Fragile things are often beautiful, and they often become things that bring us immense joy, and are a central part of our lives. Just as we wouldn’t deliberately knock a glass ornament about, or deliberately tread on and kick a puppy or kitten, so we shouldn’t do so with the concept of “masculinity.”
Masculine energies, to my mind, are the energies of protection, the energies of decisive action, the energies of bending situations and people to one’s own will.
Feminine energies, as I’ve already mentioned, are communication, creative expression, the nurturing of people and ideas, and a focus on others rather than the self.
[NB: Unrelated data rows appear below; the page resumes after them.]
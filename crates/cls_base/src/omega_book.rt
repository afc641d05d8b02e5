ghost use Rattle.std.specs.Prelude.{◌≡◌, ℕ, IfOk, map, ◌++◌, ◌∷◌, []};
ghost use Rattle.cls_base.specs.declared.rule.Rule.{Rule};
ghost use Rattle.cls_base.specs.Books.{omega_book, omega_rules, heads};

use crate::{NodeRules, OutOfMemory, RuleBook, RuleRef};
use std::alloc::Global;
use std::marker::Model;

/// The rule book of the goal omega over numbered components, seen as their number. It has one node, with a rule for each
/// component alone and then one for any term applied to any.
#[derive(Drop)]
pub struct OmegaBook {
    components: u32,
    rules: NodeRules,
}

impl Model for OmegaBook {
    ghost use Rattle.std.specs.Prelude.{◌≡◌, ℕ, map};
    ghost use Rattle.cls_base.specs.Books.{omega_rules};

    ghost Value = { ℕ };

    ghost view = { λ b. b.components };

    ghost invariant = { λ b. b.rules ≡ omega_rules b.components };
}

impl OmegaBook {
    /// The rule book over so many components. The only error is out of memory.
    pub fn new(alloc: Global, components: u32) -> Result<OmegaBook, OutOfMemory>
        ensures { IfOk result (λ book. book ≡ components) }
    {
        let mut rules = head_rules(alloc, components)?;
        rules.push(RuleRef::Any { left: 0, right: 0 })?;
        Ok(OmegaBook { components, rules })
    }
}

impl RuleBook for OmegaBook {
    ghost book = { omega_book };

    fn count(&self) -> u32 {
        1
    }

    fn rules(&self, i: u32) -> &NodeRules {
        &self.rules
    }
}

/// A rule for each component alone.
#[tactic(auto, using(crate::proofs::Books::rule_lists))]
fn head_rules(alloc: Global, components: u32) -> Result<NodeRules, OutOfMemory>
    ensures { IfOk result (λ rules. rules ≡ heads components) }
{
    let mut rules = NodeRules::new(alloc);
    for component in 0..components {
        rules.push(RuleRef::Head {
            component,
            args: &[],
        })?;
    }
    Ok(rules)
}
These energies are not specific to male or female bodied individuals, nor to female or male identified people – rather, they should be combined within each person, the way male and female attributes combine to create our unique DNA, with some expressions being more dominant, but all being present.
Someone does not stop being a man because their dominant trait is nurturing people and ideas – I have been privileged to encounter several men who happened to be very good at that, and who had forged it into their purpose and career. One was a teacher, another a member of the clergy, a third a youthworker.
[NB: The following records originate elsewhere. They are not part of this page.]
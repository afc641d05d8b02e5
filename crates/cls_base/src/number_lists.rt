ghost use Rattle.std.specs.List.{concat};
ghost use Rattle.std.specs.Prelude.{◌≡◌, ℕ, ◌<◌, ◌≤◌, [], ◌∷◌, ◌++◌, length, map, take, slice_index, slice_index_or, IfOk, OnOk, OnErr};

use crate::OutOfMemory;
use std::alloc::Global;
use std::marker::Model;

/// Lists of numbers, kept one after another in one column, with the place where each ends. They are seen as the list of
/// these lists.
#[derive(Drop)]
pub struct NumberLists {
    numbers: Vec<u32>,
    ends: Vec<u32>,
}

impl Model for NumberLists {
    ghost use Rattle.std.specs.Prelude.{ℕ, List, length};
    ghost use Rattle.cls_base.specs.Cuts.{cut, AreEnds};

    ghost Value = { List (List ℕ) };

    ghost view = { λ l. cut l.numbers.items 0 l.ends.items };

    ghost invariant = { λ l. AreEnds 0 (length l.numbers.items) l.ends.items };
}

impl NumberLists {
    ghost use Rattle.cls_base.specs.Cuts.{cut, AreEnds};

    /// No lists. They take no memory.
    pub fn new(alloc: Global) -> NumberLists
        ensures { result ≡ [] }
    {
        NumberLists {
            numbers: Vec::new(alloc),
            ends: Vec::new(alloc),
        }
    }

    /// No lists, and room for so many, which have so many numbers together. The only error is out of memory.
    pub fn with_room(
        alloc: Global,
        lists: usize,
        numbers: usize,
    ) -> Result<NumberLists, OutOfMemory>
        ensures { IfOk result (λ l. l ≡ []) }
    {
        Ok(NumberLists {
            numbers: Vec::with_capacity(alloc, numbers)?,
            ends: Vec::with_capacity(alloc, lists)?,
        })
    }

    /// The lists that are cut from the numbers, one after another, up to these ends. It takes no memory.
    pub fn of_columns(numbers: Vec<u32>, ends: Vec<u32>) -> NumberLists
        requires { AreEnds 0 (length numbers.items) ends.items }
        ensures { result ≡ cut numbers.items 0 ends.items }
    {
        NumberLists { numbers, ends }
    }

    /// The same lists once more. The only error is out of memory.
    pub fn copy(&self, alloc: Global) -> Result<NumberLists, OutOfMemory>
        ensures { IfOk result (λ l. l ≡ self.now) }
    {
        Ok(NumberLists {
            numbers: Vec::from_slice(alloc, self.numbers.as_slice())?,
            ends: Vec::from_slice(alloc, self.ends.as_slice())?,
        })
    }

    /// Lists of the same lengths, which have these numbers in place of their own. The only error is out of memory.
    #[tactic(auto, using(crate::proofs::Cutting::cuts))]
    pub fn with_numbers(&self, alloc: Global, numbers: Vec<u32>) -> Result<NumberLists, OutOfMemory>
        requires { length numbers.items ≡ length (concat self.now) }
        ensures lengths { IfOk result (λ lists. map length lists ≡ map length self.now) }
        ensures mapped { IfOk result (λ lists.
            (f : ℕ → ℕ) → numbers.items ≡ map f (concat self.now) → lists ≡ map (map f) self.now) }
    {
        let ends = Vec::from_slice(alloc, self.ends.as_slice())?;
        Ok(NumberLists { numbers, ends })
    }

    /// All numbers, list after list.
    #[tactic(auto, using(crate::proofs::Cutting::cuts))]
    pub fn numbers(&self) -> &[u32]
        ensures { result.now ≡ concat self.now }
    {
        self.numbers.as_slice()
    }

    /// The number of lists.
    #[tactic(auto, using(crate::proofs::Cutting::cuts))]
    pub fn len(&self) -> usize
        ensures { result ≡ length self.now }
    {
        self.ends.len()
    }

    /// Adds a list at the end. The only error is out of memory, and then the lists are as before. Where they would hold
    /// more numbers than a `u32` counts, that is out of memory too.
    #[tactic(auto, using(crate::proofs::Cutting::cuts))]
    pub fn push(&mut self, list: &[u32]) -> Result<(), OutOfMemory>
        ensures ok { OnOk result (self.new ≡ self.old ++ list.now ∷ []) }
        ensures err { OnErr result (self.new ≡ self.old) }
    {
        let Ok(end) = u32::try_from(self.numbers.len() + list.len()) else {
            return Err(OutOfMemory);
        };
        self.ends.reserve(1)?;
        self.numbers.extend_from_slice(list)?;
        self.ends.push(end)?;
        Ok(())
    }

    /// The list at a place.
    #[tactic(auto, using(crate::proofs::Cutting::cuts))]
    pub fn get(&self, place: usize) -> &[u32]
        requires { place < length self.now }
        ensures { result.now ≡ slice_index_or self.now place [] }
    {
        let start = start_of(self.ends.as_slice(), place);
        &self.numbers[start..self.ends[place] as usize]
    }

    /// Keeps the first lists, no more than so many.
    #[tactic(auto, using(crate::proofs::Cutting::cuts))]
    pub fn truncate(&mut self, count: usize)
        ensures { self.new ≡ take count self.old }
    {
        if count < self.ends.len() {
            let end = start_of(self.ends.as_slice(), count);
            self.numbers.truncate(end);
            self.ends.truncate(count);
        }
    }
}

/// Where the list at the place begins, which is where the one before it ends, for lists that stand one after another in one
/// column. The ends are numbers of its items.
pub fn start_of(ends: &[u32], place: usize) -> usize
    requires { place ≤ length ends.now }
    ensures { result ≡ slice_index (0 ∷ ends.now) place }
{
    if place == 0 {
        0
    } else {
        ends[place - 1] as usize
    }
}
Likewise, someone does not stop being a woman because their dominant trait is taking decisive action – I have been privileged to know decisive women. Some of whom were better people, and made better decisions, than others, naturally – but those whom I didn’t find to be pleasant people weren’t unpleasant to me because they were decisive women – I would have disliked them had they been men. Their decisions would, to my mind, have been poor decisions had a man made them.
We will not build a strong society and an enduring world by deciding that one group can only be “advanced” if the other is beaten back. Nor, however, can we achieve those ambitions by never challenging a given group, or its behaviours and attitudes. We develop as people when we are exposed to constructive criticism, and when we are forced to acknowledge and alter unacceptable and inappropriate behaviour.
Human beings are like a bronze sculpture that includes a carefully balanced glass ball – we all, men, women, non-binary and a-gender, combine invulnerability and fragility – and the contradictions, when combined, are what create the whole, and make the beauty that has us admire the sculpture.